When the birthday cake with all the candles was carried out, that’s when she just lost it. She started sobbing. Harry, the guy behind the counter, gruffly mumbled, “Blow out the candles, Agnes, cut the cake.” Agnes looked down at the cake, and then without taking her eyes off it, she slowly and softly said, “Look, Harry, is it all right with you if I… I mean, if I don’t… what I want to ask, is it OK if I keep the cake a little while? Is it all right if we don’t eat it right away?” Harry shrugged and answered, “Sure, Agnes, that’s fine. You want to keep the cake, keep the cake. Take it home if you want.” “Oh, could I?” she asked. Looking at Campolo she said, “I live just down the street a couple of doors; I want to take the cake home to show my mother, is that OK? I’ll be right back, honest.” She got off her stool, she picked up that cake, and she carried it out of that diner like it was the Holy Grail. When the door closed behind her, there was stunned silence in the place.

Not knowing what else to do, Campolo broke the silence by saying, “What do you say that we pray together?” Looking back on it now, Campolo remarks, “It seems more than a little strange that a sociologist from Eastern PA would be leading a prayer meeting with a bunch of prostitutes in a diner in Honolulu at 3:30 in the morning. But I prayed. I prayed for Agnes. I prayed for her salvation. I prayed that her life would be changed, and that God would be good to her. And when I finished, Harry leaned over, and with a trace of hostility in his voice he said, “Hey, you never told me you were a preacher. What kind of preacher are you anyway? What church do you belong to?”

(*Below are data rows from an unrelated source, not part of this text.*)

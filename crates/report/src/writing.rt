//! Reports as text.
ghost use Rattle.std.specs.Prelude.{◌≡◌, ◌<◌, ◌≤◌, ◌^◌, ◌/◌, ◌++◌, decimal, IfOk, OnOk};
ghost use Rattle.std.specs.List.{flat_map};
ghost use Rattle.report.specs.Texts.{count_line, counts_text, some_line, times_text, hundredths, share_line, hold_line, head, report_text};
ghost use Rattle.statement.specs.Reports.{outcome_text, fault_line};

use crate::counts::{ReportCounts, count_word};
use crate::fault_lines::FaultLines;
use crate::hold_lines::HoldLines;
use crate::reports::Report;
use crate::times::Times;
use crate::versions::version_of;
use itoa::Buffer;
use netlist::NoMemory;
use statement::Outcome;
use std::alloc::{AllocError, Global};

fn push(out: &mut Vec<u8>, text: &[u8]) -> Result<(), AllocError>
    ensures { OnOk result (out.new.items ≡ out.old.items ++ text.now) }
{
    out.extend_from_slice(text)
}

fn push_number(out: &mut Vec<u8>, number: u64) -> Result<(), AllocError>
    ensures { OnOk result (out.new.items ≡ out.old.items ++ decimal number) }
{
    out.extend_from_slice(Buffer::new().format(number).as_bytes())
}

/// `inputs 5`
fn push_count(out: &mut Vec<u8>, word: &[u8], count: u64) -> Result<(), AllocError>
    ensures { OnOk result (out.new.items ≡ out.old.items ++ count_line word.now count) }
{
    out.extend_from_slice(word)?;
    push_number(out, count)?;
    out.extend_from_slice(b"\n")
}

/// `83.05`
fn push_hundredths(out: &mut Vec<u8>, share: u128) -> Result<(), AllocError>
    requires { share / 100 < 2 ^ 64 }
    ensures { OnOk result (out.new.items ≡ out.old.items ++ hundredths share) }
{
    push_number(out, (share / 100) as u64)?;
    out.extend_from_slice(b".")?;
    push_number(out, (share / 10 % 10) as u64)?;
    push_number(out, (share % 10) as u64)
}

/// Adds the line of a share, `coverage 83.05`, behind its word.
pub fn push_share(out: &mut Vec<u8>, word: &[u8], share: u128) -> Result<(), AllocError>
    requires { share / 100 < 2 ^ 64 }
    ensures { OnOk result (out.new.items ≡ out.old.items ++ share_line word.now share) }
{
    out.extend_from_slice(word)?;
    push_hundredths(out, share)?;
    out.extend_from_slice(b"\n")
}

/// `hold a 1`
fn push_hold(out: &mut Vec<u8>, name: &[u8], bit: bool) -> Result<(), AllocError>
    ensures { OnOk result (out.new.items ≡ out.old.items ++ hold_line (record { name = name.now; bit = bit })) }
{
    out.extend_from_slice(b"hold ")?;
    out.extend_from_slice(name)?;
    if bit {
        out.extend_from_slice(b" 1\n")
    } else {
        out.extend_from_slice(b" 0\n")
    }
}

fn push_holds(out: &mut Vec<u8>, holds: &HoldLines) -> Result<(), AllocError>
    ensures { OnOk result (out.new.items ≡ out.old.items ++ flat_map hold_line holds.now) }
{
    for k in 0..holds.len() {
        let line = holds.get(k);
        push_hold(out, line.name, line.bit)?;
    }
    Ok(())
}

fn push_outcome(out: &mut Vec<u8>, outcome: Outcome, pin: &[u8]) -> Result<(), AllocError>
    ensures { OnOk result (out.new.items ≡ out.old.items ++ outcome_text outcome pin.now) }
{
    match outcome {
        Outcome::Detected(pattern, cycle) => {
            out.extend_from_slice(b" detected ")?;
            push_number(out, pattern)?;
            out.extend_from_slice(b" ")?;
            push_number(out, cycle)?;
            out.extend_from_slice(b" ")?;
            out.extend_from_slice(pin)
        }
        Outcome::Redundant => out.extend_from_slice(b" redundant"),
        Outcome::Aborted => out.extend_from_slice(b" aborted"),
        Outcome::Unasked => out.extend_from_slice(b" unasked"),
    }
}

/// `stem a/0 detected 1 1 y`
fn push_fault(
    out: &mut Vec<u8>,
    fault: &[u8],
    outcome: Outcome,
    pin: &[u8],
) -> Result<(), AllocError>
    ensures { OnOk result (out.new.items ≡ out.old.items ++ fault_line (record { fault = fault.now; outcome = outcome; pin = pin.now })) }
{
    out.extend_from_slice(fault)?;
    push_outcome(out, outcome, pin)?;
    out.extend_from_slice(b"\n")
}

/// Adds the lines of faults.
pub fn push_faults(out: &mut Vec<u8>, lines: &FaultLines) -> Result<(), AllocError>
    ensures { OnOk result (out.new.items ≡ out.old.items ++ flat_map fault_line lines.now) }
{
    for k in 0..lines.len() {
        let line = lines.get(k);
        push_fault(out, line.fault, line.outcome, line.pin)?;
    }
    Ok(())
}

/// Adds the lines of the counts.
pub fn push_counts(out: &mut Vec<u8>, counts: ReportCounts) -> Result<(), AllocError>
    ensures { OnOk result (out.new.items ≡ out.old.items ++ counts_text counts) }
{
    let numbers = counts.to_array();
    for (k, count) in numbers.iter().enumerate() {
        push_count(out, count_word(k), *count)?;
    }
    Ok(())
}

/// `unasked 7`, where there is one.
fn push_some(out: &mut Vec<u8>, word: &[u8], count: u64) -> Result<(), AllocError>
    ensures { OnOk result (out.new.items ≡ out.old.items ++ some_line word.now count) }
{
    if count == 0 {
        return Ok(());
    }
    push_count(out, word, count)
}

/// `detect 3`, and `times 2` for each fault, where detections are counted.
fn push_times(out: &mut Vec<u8>, times: &Times) -> Result<(), AllocError>
    ensures { OnOk result (out.new.items ≡ out.old.items ++ times_text times.now) }
{
    push_some(out, b"detect ", times.most())?;
    let numbers = times.of();
    for number in numbers {
        push_count(out, b"times ", *number)?;
    }
    Ok(())
}

fn push_head(
    out: &mut Vec<u8>,
    most: u64,
    unasked: u64,
    holds: &HoldLines,
) -> Result<(), AllocError>
    ensures { OnOk result (out.new.items ≡ out.old.items ++ head most unasked holds.now) }
{
    push(out, version_of(most, unasked, holds).line())
}

fn push_report(out: &mut Vec<u8>, report: &Report) -> Result<(), AllocError>
    ensures { OnOk result (out.new.items ≡ out.old.items ++ report_text report.now) }
{
    report.sound();
    let counts = report.counts();
    let times = report.times();
    push_head(out, times.most(), counts.unasked, report.holds())?;
    push_counts(out, counts)?;
    push_some(out, b"unasked ", counts.unasked)?;
    push_share(out, b"coverage ", report.coverage())?;
    push_share(out, b"efficiency ", report.efficiency())?;
    push_times(out, times)?;
    push_holds(out, report.holds())?;
    push_faults(out, report.lines())?;
    Ok(())
}

/// The text of a report.
pub fn write_report(alloc: Global, report: &Report) -> Result<Vec<u8>, NoMemory>
    ensures { IfOk result (λ text. text.items ≡ report_text report.now) }
{
    let mut out = Vec::new(alloc);
    match push_report(&mut out, report) {
        Ok(()) => Ok(out),
        Err(_) => Err(NoMemory),
    }
}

In one of those moments when just the right words came, Campolo answered him quietly, “I belong to a church that throws birthday parties for prostitutes at 3:30 in the morning.” Harry thought a moment, and then almost sneered his answer, “No you don’t; there is no such church like that. In fact,” he concluded, “if there was, I’d join it.”

That is the kind of church Jesus created. Jesus created a church that welcomed outcasts and sinners and treated them with dignity. We have turned it into a comfortable environment where we all put on a religious face and pretend to be moral, respectable people. But that is not the church Jesus died for. Jesus did not come for the righteous. He came for the sick.

And he calls us to go out into the world and seek the lost, the broken-hearted, the beaten-down and bring life and joy into a joyless world. He calls us to go to the people who are rejected and offer them the love that comes from Jesus. He calls us to go to people who reject our faith in Jesus and to love them in the name of Jesus.

When we come into the church and pull the doors shut to keep out people we don’t like, we work against the work of Jesus who loves the people we don’t like.

We do not go out into the world to do what the world does. We do not accommodate to sin. We do not join in with sinful practices. We no longer do the things we used to do. We go out into the world to bring good news that there is hope and meaning to life. There is joy even in the midst of sorrow. There is hope even in the midst of great suffering. We are loved by a savior who is remaking us into the person he designed us to be. He wants to do the same with every person in the world. May we work with Jesus and not against him.